The costs aren’t only upfront, either. Having too many disparate AWS services results in an application that will eventually need some pretty serious rearchitecting. That demands time and resources that could be spent on innovating instead of performing open heart surgery on your application.
Try to keep the majority of your application’s footprint to a handful of core services and be thoughtful about adding new ones.
- Not tagging resources. Tags are a giant label maker for all the things in your AWS account. They allow you to label and group things so you can stay organized and informed on what your resources are doing. If you don’t see any tags in an AWS account, it’s a clear indication of chaos.
Through the FinOps lens, not tagging your resources makes it incredibly difficult to understand your cost structure. Think of it like a credit card bill: if your bill just gave you one number without any line items, you would have no idea where and how you’re spending your money.
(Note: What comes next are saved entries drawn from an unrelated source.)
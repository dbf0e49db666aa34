// The cover of the region file on standard input, as lines on standard output (print::covers has their shape). A file that cannot be read to its
// end has no answer. There are no arguments: with `--help`, or with any, it prints how it is called.
#![tactic(auto)]

use limits::MAX_FILE_BYTES;
use print::Output;
use streams::Streams;

// A byte longer than the longest region file, so that a file that is too long is seen to be.
// Kept: the like of command_words, on which this program does not stand, as it reads no lines.
const BYTES: usize = MAX_FILE_BYTES + 1;

fn main(rt: HostRuntime) {
    let streams = Streams::of(&rt);
    if !streams::has_no_argument(&rt, streams, b"usage: cover < FILE\n") {
        return;
    }
    let mut file = [0u8; BYTES];
    let Ok(n) = streams.read_all(&mut file) else {
        return;
    };
    let mut out = Output::new(streams);
    let answer = print::covers::lines_by_byte(&mut out, &file[..n], b'\n');
    let _ = out.ended(answer);
    let _ = out.flush();
}
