/// The command line, as `clap` reads it.
fn application<'a>(alloc: Global) -> Result<clap::Command<'a>, AllocError>
    ensures { IfOk result (λ command. app_of command ≡ application) }
{
    let with_run = with_subcommand(without_run(alloc)?, run(alloc))?;
    with_subcommand(with_run, explain(alloc))
}

/// The command line but for the subcommands that make a run.
fn without_run<'a>(alloc: Global) -> Result<clap::Command<'a>, AllocError>
    ensures { IfOk result (λ command. app_of command ≡ without_run) }
{
    let eval = with_output(alloc, "eval", "Judge one condition on one value", EVAL_HELP);
    let with_eval = with_subcommand(program(alloc), eval)?;
    let check = with_output(
        alloc,
        "check",
        "Check a document, and print what its conditions cost at most",
        CHECK_HELP,
    );
    let with_check = with_subcommand(with_eval, check)?;
    let list = subcommand(
        alloc,
        "list",
        "Check a document, and list the code of its conditions",
        LIST_HELP,
    );
    with_subcommand(with_check, Ok(list))
}

/// A command with one more subcommand, if that could be made.
fn with_subcommand<'a>(
    command: clap::Command<'a>,
    subcommand: Result<clap::Command<'a>, AllocError>,
) -> Result<clap::Command<'a>, AllocError>
    ensures { (added : App) → IfOk subcommand.entry (λ subcommand. app_of subcommand ≡ added)
        → IsTrue added.top.is_plain
        → IfOk result (λ both. app_of both ≡ with_subcommand (app_of command.entry) added.top) }
{
    command.subcommand(subcommand?)
}

/// The program's own part of the command line.
fn program<'a>(alloc: Global) -> clap::Command<'a>
    ensures { app_of result ≡ program }
{
    clap::Command::new(alloc, "argo_judge")
        .version(VERSION)
        .about("Judges canary measurements by the conditions of Argo Rollouts' analysis")
        .after_help(HELP)
        .disable_help_subcommand(true)
        .subcommand_required(true)
}

/// A subcommand with no arguments.
fn subcommand<'a>(alloc: Global, name: &'a str, about: &'a str, help: &'a str) -> clap::Command<'a>
    ensures { app_of result ≡ new_app name.entry.now }
{
    clap::Command::new(alloc, name)
        .about(about)
        .after_help(help)
}

/// An option that takes a value: `--`, its name and the value.
fn option<'a>(alloc: Global, name: &'a str, value: &'a str, help: &'a str) -> Arg<'a>
    ensures rule { rule_of result ≡ option_named name.entry.now }
    ensures local { result.global ≡ false }
{
    Arg::new(alloc, name)
        .long(name)
        .value_name(value)
        .help(help)
}

/// A subcommand whose answer has a format.
fn with_output<'a>(
    alloc: Global,
    name: &'a str,
    about: &'a str,
    help: &'a str,
) -> Result<clap::Command<'a>, AllocError>
    ensures { IfOk result (λ command. app_of command ≡ with_output name.entry.now) }
{
    with_option(
        Ok(subcommand(alloc, name, about, help)),
        alloc,
        "output",
        "FORMAT",
        "How the answer is written: `text`, which is the default, or `json`, one object in one line",
    )
}

/// The subcommand `run`.
fn run<'a>(alloc: Global) -> Result<clap::Command<'a>, AllocError>
    ensures { IfOk result (λ command. app_of command ≡ run_app) }
{
    let run = with_output(
        alloc,
        "run",
        "Judge a document's measurements, and report its runs",
        RUN_HELP,
    );
    let run = with_option(
        run,
        alloc,
        "workers",
        "N",
        "How many workers judge, 1 to 16, 4 unless it is given; workers are threads that judge side by side",
    );
    let run = with_flag(
        run,
        alloc,
        "plain",
        "Judge without workers, one measurement after another; --workers is then checked, but not used",
    );
    with_flag(
        run,
        alloc,
        "ordered",
        "Judge with workers, and report what --plain does: the events of a run are in the order of their numbers",
    )
}

/// The subcommand `explain`.
fn explain<'a>(alloc: Global) -> Result<clap::Command<'a>, AllocError>
    ensures { IfOk result (λ command. app_of command ≡ explain_app) }
{
    let explain = with_output(
        alloc,
        "explain",
        "Make the plain run of a document, and say what led to each event's verdict and effect",
        EXPLAIN_HELP,
    );
    let explain = with_option(
        explain,
        alloc,
        "event",
        "N",
        "Explain the event with this number alone, its place in `measurements`, from 0",
    );
    let explain = with_option(
        explain,
        alloc,
        "run",
        "NAME",
        "Explain the events of this run alone",
    );
    with_option(
        explain,
        alloc,
        "metric",
        "NAME",
        "Explain the events of this metric alone, in each run",
    )
}

/// A command with one more option that takes a value, if the command could be made.
fn with_option<'a>(
    command: Result<clap::Command<'a>, AllocError>,
    alloc: Global,
    name: &'a str,
    value: &'a str,
    help: &'a str,
) -> Result<clap::Command<'a>, AllocError>
    ensures { (app : App) → IfOk command.entry (λ command. app_of command ≡ app)
        → IfOk result (λ more. app_of more ≡ with_rule app (option_named name.entry.now)) }
{
    with_arg(command, option(alloc, name, value, help))
}

/// A command with one more option that takes no value, if the command could be made.
fn with_flag<'a>(
    command: Result<clap::Command<'a>, AllocError>,
    alloc: Global,
    name: &'a str,
    help: &'a str,
) -> Result<clap::Command<'a>, AllocError>
    ensures { (app : App) → IfOk command.entry (λ command. app_of command ≡ app)
        → IfOk result (λ more. app_of more ≡ with_rule app (flag_named name.entry.now)) }
{
    with_arg(command, flag(alloc, name, help))
}
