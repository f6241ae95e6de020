//! The line of an output picture.

ghost use Rattle.std.specs.Prelude.{◌≡◌, ◌+◌, ◌≤◌, ◌++◌, length};
ghost use Rattle.arrayvec.specs.ArrayVec.{array_vec_len};
ghost use Rattle.hex.specs.Hex.{encode_lower};
ghost use Rattle.mv_provenance.specs.Lines.{line};

use arrayvec::ArrayVec;
use itoa::{Buffer, Integer};
use mv_dpb::Shown;

/// The room for the longest line, in bytes: the numbers have 20, 11 and 3, the digest 64, and the words and spaces 8.
const ROOM: usize = 106;

pub(crate) type Line = ArrayVec<u8, ROOM>;

/// The line of a picture: `pic SEQUENCE COUNT LAYER DIGEST` and a newline.
pub(crate) fn line_of(shown: &Shown, digest: &[u8; 32]) -> Line
    ensures { result.items ≡ line shown.now digest.now }
{
    let mut line = Line::new();
    push(&mut line, b"pic ");
    push_number(&mut line, shown.sequence);
    push(&mut line, b" ");
    push_number(&mut line, shown.count);
    push(&mut line, b" ");
    push_number(&mut line, shown.layer);
    push(&mut line, b" ");
    push(&mut line, &hex_of(digest));
    push(&mut line, b"\n");
    line
}

// Appends bytes.
fn push(line: &mut Line, bytes: &[u8])
    requires { array_vec_len line.old + length bytes.now ≤ 106 }
    ensures items { line.new.items ≡ line.old.items ++ bytes.now }
    ensures len { array_vec_len line.new ≡ array_vec_len line.old + length bytes.now }
{
    let _ = line.try_extend_from_slice(bytes);
}

// Appends a number in decimal.
fn push_number<I: Integer>(line: &mut Line, number: I)
    requires { array_vec_len line.old + I.MAX_STR_LEN ≤ 106 }
    ensures items { line.new.items ≡ line.old.items ++ I.text number }
    ensures len { array_vec_len line.new ≤ array_vec_len line.old + I.MAX_STR_LEN }
{
    let mut digits = Buffer::new();
    push(line, digits.format(number).as_bytes());
}

// A digest in 64 digits, the letters in lower case.
fn hex_of(digest: &[u8; 32]) -> [u8; 64]
    ensures { result ≡ encode_lower digest.now }
{
    let mut digits = [0; 64];
    let _ = hex::encode_to_slice(digest, &mut digits);
    digits
}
A good tagging policy prevents that from happening and provides the visibility you need to better optimize your costs.
Pro tip: Use tags, period. Have a tagging policy in place so that there is a standard set of metadata that’s expected to accompany each AWS resource.
- Forgetting to shut off instances. This one goes under the “we’re all human” category, but can be financially harmful nonetheless. Teams like data scientists work on very computationally intensive projects that require resources to match. They’re not starting up a T2 micro; they’re running a P3.8xlarge or P3.16xlarge. Those big GPU instances are expensive, and if they’re running when you don’t need them, it adds up fast.
SageMaker, too, is often a culprit here. The number of instances that are just left on can cost hundreds of thousands of dollars. Amazon can’t tell if you’re deliberately leaving the machine running, so unless you explicitly shut it off, you’re going to be billed for every second that those machines are still on.
Automation is the only way to ensure that you don’t have runaway resources.
Behavioral and organizational change can only go so far; again, we’re only human. Automation can ensure that you’re only paying for the resources that you need.
The road to cloud isn’t a straight line and every organization faces a learning curve as they adapt and grow. If any of the scenarios above sound familiar, think of it as an opportunity. Amazon continues to evolve and innovate, and we can too. By thoughtfully balancing and optimizing our AWS environments – and relying on automation whenever we can – we can make the most of Amazon’s tremendous offerings and control costs along the way.